As a complementary subproduct, Clair is an application specifically designed for parsing image contents and delivering reports on vulnerabilities that may impact these contents. Noteworthy is that this analysis is conducted through static analysis rather than at runtime. Clair excels in supporting the extraction of contents and the identification of vulnerabilities, enhancing the overall security and reliability of containerized applications.
As organizations increasingly rely on robust containerization solutions, the demand for scalable and efficient platforms for sharing and distributing container images becomes paramount. The performance and scale of our solutions are of the utmost importance here at Red Hat, and we continually formulate test plans, design tools, and execute extensive testing to be sure that our products and services meet the scalability rigors that our customers expect. As a part of that journey, we will delve into the details of how the performance and scale team approached specific research questions from the development teams with the intent of improving the scalability and cost effectiveness of the solution.
Research question 1
The Quay team noticed more database activity, and a spike in average database connections hinting at potential issues or unnecessary costs. To address this, we created a robust load testing solution. It helps us understand and improve how the system handles loads, providing efficiency and cost-effectiveness in the current database setup.

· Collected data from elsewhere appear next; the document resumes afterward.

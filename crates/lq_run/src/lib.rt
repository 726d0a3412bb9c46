//! What statements read of a session: its state, the trees of their expressions, rights, what is served of a tree, scalars, and the rows that
//! a `delete` removes.
//!
//! `run_line` gives exactly the session machine's reply to a `run`: the refusal, the denial, or what
//! the expression means over the tables as the role sees them. The other calls give, just as exactly,
//! what `var`, an assignment, `insert` and `delete` need of it. Where a statement comes to its end before it has done anything,
//! they say why by a `Stop`, whose line is the machine's answer.
#![tactic(auto)]

mod definitions;
mod denials;
mod removals;
mod reply;
mod run;
mod scalars;
mod state;
mod stop;
mod trees;

pub use denials::check_rights;
pub use removals::chosen_rows;
pub use run::run_line;
pub use scalars::evaluate_scalar;
pub use state::State;
pub use stop::{Stop, denial, fault, refusal};
pub use trees::{condition_of, tree_of};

In their own words: "We're exploring load testing options for Quay and reassessing our database costs looking for optimization opportunities."
Backstory
The observed increase in average database connections had prompted the Quay team to seek a solution that not only addresses the immediate load testing requirements but also provides optimal resource utilization and cost-effectiveness.
Research question 2
The Clair team, a vital subteam of Quay, had identified a specific performance bottleneck within their system. They expressed interest in obtaining low-level profiling data for both the application and their database. The motivation behind this request was the high latency experienced in the Clair Index Report API.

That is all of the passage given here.